ABOUT THIS TASK:
Find the line that contains "of a phase.". Repeat that line and all lines following it, exactly, through the end of the listing below.
═══ SUPPLIED DATA ═══
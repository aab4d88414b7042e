//! Items by the sums of their bodies.
ghost use Rattle.std.specs.Prelude.{◌≡◌, IfOk, map};
ghost use Rattle.mt_types.specs.Values.{item_with, outcome_with};
ghost use Rattle.mt_certline.specs.Certificate.{good_items};
ghost use Rattle.mt_cert.specs.Certifying.{sum_of_body};

use mt_base::{Duplicate, Sequence};
use mt_certline::Sum;
use mt_types::{Body, Item, Items, Outcome};
use std::alloc::{AllocError, Global};

/// What a body is known by.
fn sum_of(body: &Body) -> Sum
    ensures { result ≡ sum_of_body body.now }
{
    Sum {
        md5: body.md5,
        size: body.len,
    }
}

/// An item.
pub(crate) fn known_item(alloc: Global, item: &Item<Body>) -> Result<Item<Sum>, AllocError>
    ensures { IfOk result (λ i. i ≡ item_with sum_of_body item.now) }
{
    Ok(Item {
        name: item.name.copy(alloc)?,
        root: item.root.copy(alloc)?,
        body: sum_of(&item.body),
        reducer: item.reducer,
    })
}

// Items.
fn known_items(alloc: Global, items: &[Item<Body>]) -> Result<Items<Sum>, AllocError>
    ensures { IfOk result (λ is. is ≡ map (item_with sum_of_body) items.now) }
{
    let mut known = Vec::with_capacity(alloc, items.len())?;
    for item in items {
        known.push(known_item(alloc, item)?)?;
    }
    Ok(Sequence::from_vec(known))
}

/// The outputs of a task; none where it failed.
pub(crate) fn known_outputs(
    alloc: Global,
    outcome: &Outcome<Body>,
) -> Result<Option<Items<Sum>>, AllocError>
    ensures { IfOk result (λ o. o ≡ good_items (outcome_with sum_of_body outcome.now)) }
{
    match outcome {
        Outcome::Good(items) => Ok(Some(known_items(alloc, items.as_slice())?)),
        Outcome::Bad { .. } => Ok(None),
    }
}
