//! The certificates of jobs: written line by line, and what is proved of them.
//!
//! - `writing`: a certificate is written. `fits`: whether its lines are within the limits.
//! - `names`: the lines of inputs and outputs; `tasks`: of tasks. `shares`: what the reducers of a phase read.
//! - `page`: lines on their way to a sink. `known`: items by the sums of their bodies. `held`: what values keep by their types.
//! - `laws`: the certificate of a finished job adds up, and its text is accepted.
#![tactic(auto)]

mod fits;
mod held;
mod known;
mod laws;
mod names;
mod page;
mod shares;
mod tasks;
mod writing;

pub use fits::certificate_fits;
pub use laws::{certify_adds_up, certify_is_accepted, certify_is_written};
pub use writing::{Written, write_certificate};
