//! A phase that is to be listed, with the places that each of its reducers reads.
ghost use Rattle.std.specs.Prelude.{◌≡◌, ◌<◌, ◌+◌, [], length, replicate, IfOk, OnOk, List, ◌++◌};
ghost use Rattle.mt_types.specs.WellMade.{HasReducers};
ghost use Rattle.mt_model.specs.Types.{Body, Item};
ghost use Rattle.mt_model.specs.Feed.{entries_of, feed, items_in, items_of};
ghost use Rattle.mt_model.specs.Tasks.{reducer_of};
ghost use Rattle.mt_feeds.specs.FedJob.{all_shares, lists_of};
ghost use Rattle.mt_feeds.specs.Opening.{with_place_read};
ghost use Rattle.mt_cert.specs.Laying.{AreShared};
ghost use Rattle.mt_cert.specs.Reading.{IsOpened};

use mt_types::{Body, Item, Job, Outcome, PhaseKind, TraceEntry};
use std::alloc::{AllocError, Global};

/// A phase that is to be listed.
#[derive(Drop)]
pub(crate) struct Opened {
    /// Its number, counted from 0.
    pub phase: u32,
    /// How it cuts its feed into tasks.
    pub kind: PhaseKind,
    /// The places that each reducer reads; none of a map phase.
    pub shares: Vec<Vec<u64>>,
}

/// The places of so many items, by the reducers that read them.
#[derive(Drop)]
pub(crate) struct Shares {
    /// The places that each reducer reads.
    pub lists: Vec<Vec<u64>>,
    /// The number of items so far.
    pub count: u64,
}

/// The outputs of a task.
pub(crate) fn items_of(outcome: &Outcome<Body>) -> &[Item<Body>]
    ensures { result.now ≡ items_of outcome.now }
{
    match outcome {
        Outcome::Good(items) => items.as_slice(),
        Outcome::Bad { .. } => &[],
    }
}

// The reducer that an item names, or else its place in the feed.
fn reducer_of(item: &Item<Body>, place: u64) -> u64
    ensures { result ≡ reducer_of (place, item.now) }
{
    match item.reducer {
        Some(reducer) => u64::from(reducer),
        None => place,
    }
}

// Adds a place to those of its reducer.
fn add_place(
    lists: &mut Vec<Vec<u64>>,
    count: u32,
    item: &Item<Body>,
    place: u64,
) -> Result<(), AllocError>
    requires some { 0 < count }
    requires each { length lists.old.items ≡ count }
    ensures each { OnOk result (length lists.new.items ≡ count) }
    ensures lists { OnOk result (lists_of lists.new ≡ with_place_read count place item.now (lists_of lists.old)) }
{
    let reducer = reducer_of(item, place) % u64::from(count);
    lists[reducer as usize].push(place)?;
    Ok(())
}

// Adds an item. On an error, which is want of memory, the shares may hold anything.
fn add_item(shares: &mut Shares, reducers: u32, item: &Item<Body>) -> Result<(), AllocError>
    requires some { 0 < reducers }
    requires each { length shares.old.lists.items ≡ reducers }
    ensures lists { OnOk result (lists_of shares.new.lists ≡ with_place_read reducers shares.old.count item.now (lists_of shares.old.lists)) }
    ensures count { OnOk result (shares.new.count ≡ shares.old.count + 1) }
    ensures each { OnOk result (length shares.new.lists.items ≡ reducers) }
{
    let Some(count) = shares.count.checked_add(1) else {
        return Err(AllocError);
    };
    add_place(&mut shares.lists, reducers, item, shares.count)?;
    shares.count = count;
    Ok(())
}

// Adds items, the same.
fn add_items(shares: &mut Shares, reducers: u32, items: &[Item<Body>]) -> Result<(), AllocError>
    requires some { 0 < reducers }
    requires each { length shares.old.lists.items ≡ reducers }
    ensures each { OnOk result (length shares.new.lists.items ≡ reducers) }
    ensures laid { OnOk result ((front : List (Item Body)) → AreShared front reducers shares.old → AreShared (front ++ items.now) reducers shares.new) }
{
    for item in items {
        add_item(shares, reducers, item)?;
    }
    Ok(())
}

// Adds what the tasks of a phase gave, the same.
fn add_given(
    shares: &mut Shares,
    reducers: u32,
    phase: u32,
    trace: &[TraceEntry<Body>],
) -> Result<(), AllocError>
    requires some { 0 < reducers }
    requires each { length shares.old.lists.items ≡ reducers }
    ensures each { OnOk result (length shares.new.lists.items ≡ reducers) }
    ensures laid { OnOk result ((front : List (Item Body)) → AreShared front reducers shares.old → AreShared (front ++ items_in (entries_of phase trace.now)) reducers shares.new) }
{
    for entry in trace {
        if entry.phase == phase {
            add_items(shares, reducers, items_of(&entry.outcome))?;
        }
    }
    Ok(())
}

// Adds what a phase reads, the same.
fn add_feed(
    shares: &mut Shares,
    reducers: u32,
    job: &Job<Body>,
    phase: u32,
) -> Result<(), AllocError>
    requires some { 0 < reducers }
    requires each { length shares.old.lists.items ≡ reducers }
    ensures { OnOk result (AreShared [] reducers shares.old → AreShared (feed job.now phase) reducers shares.new) }
{
    match phase.checked_sub(1) {
        None => add_items(shares, reducers, job.inputs.as_slice()),
        Some(before) => add_given(shares, reducers, before, job.trace.as_slice()),
    }
}

// No places for each of so many reducers.
fn no_places(alloc: Global, reducers: u32) -> Result<Vec<Vec<u64>>, AllocError>
    ensures { IfOk result (λ v. lists_of v ≡ replicate reducers []) }
{
    let mut lists = Vec::new(alloc);
    for _list in 0..reducers {
        lists.push(Vec::new(alloc))?;
    }
    Ok(lists)
}

// The shares of the reducers of a phase.
fn lay(
    alloc: Global,
    job: &Job<Body>,
    phase: u32,
    reducers: u32,
) -> Result<Vec<Vec<u64>>, AllocError>
    requires { 0 < reducers }
    ensures { IfOk result (λ v. lists_of v ≡ all_shares (feed job.now phase) reducers) }
{
    let mut shares = Shares {
        lists: no_places(alloc, reducers)?,
        count: 0,
    };
    add_feed(&mut shares, reducers, job, phase)?;
    let Shares { lists, count: _ } = shares;
    Ok(lists)
}

/// A phase of a job, ready to be listed: of a reduce phase the shares are laid out, by one walk over the committed tasks.
pub(crate) fn open(
    alloc: Global,
    job: &Job<Body>,
    phase: u32,
    kind: PhaseKind,
) -> Result<Opened, AllocError>
    requires { HasReducers kind }
    ensures { IfOk result (IsOpened phase kind (feed job.now phase)) }
{
    let shares = match kind {
        PhaseKind::Map => Vec::new(alloc),
        PhaseKind::Reduce { count } => lay(alloc, job, phase, count)?,
    };
    Ok(Opened {
        phase,
        kind,
        shares,
    })
}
═══
RESPONSE:
// The shares of the reducers of a phase.
fn lay(
    alloc: Global,
    job: &Job<Body>,
    phase: u32,
    reducers: u32,
) -> Result<Vec<Vec<u64>>, AllocError>
    requires { 0 < reducers }
    ensures { IfOk result (λ v. lists_of v ≡ all_shares (feed job.now phase) reducers) }
{
    let mut shares = Shares {
        lists: no_places(alloc, reducers)?,
        count: 0,
    };
    add_feed(&mut shares, reducers, job, phase)?;
    let Shares { lists, count: _ } = shares;
    Ok(lists)
}

/// A phase of a job, ready to be listed: of a reduce phase the shares are laid out, by one walk over the committed tasks.
pub(crate) fn open(
    alloc: Global,
    job: &Job<Body>,
    phase: u32,
    kind: PhaseKind,
) -> Result<Opened, AllocError>
    requires { HasReducers kind }
    ensures { IfOk result (IsOpened phase kind (feed job.now phase)) }
{
    let shares = match kind {
        PhaseKind::Map => Vec::new(alloc),
        PhaseKind::Reduce { count } => lay(alloc, job, phase, count)?,
    };
    Ok(Opened {
        phase,
        kind,
        shares,
    })
}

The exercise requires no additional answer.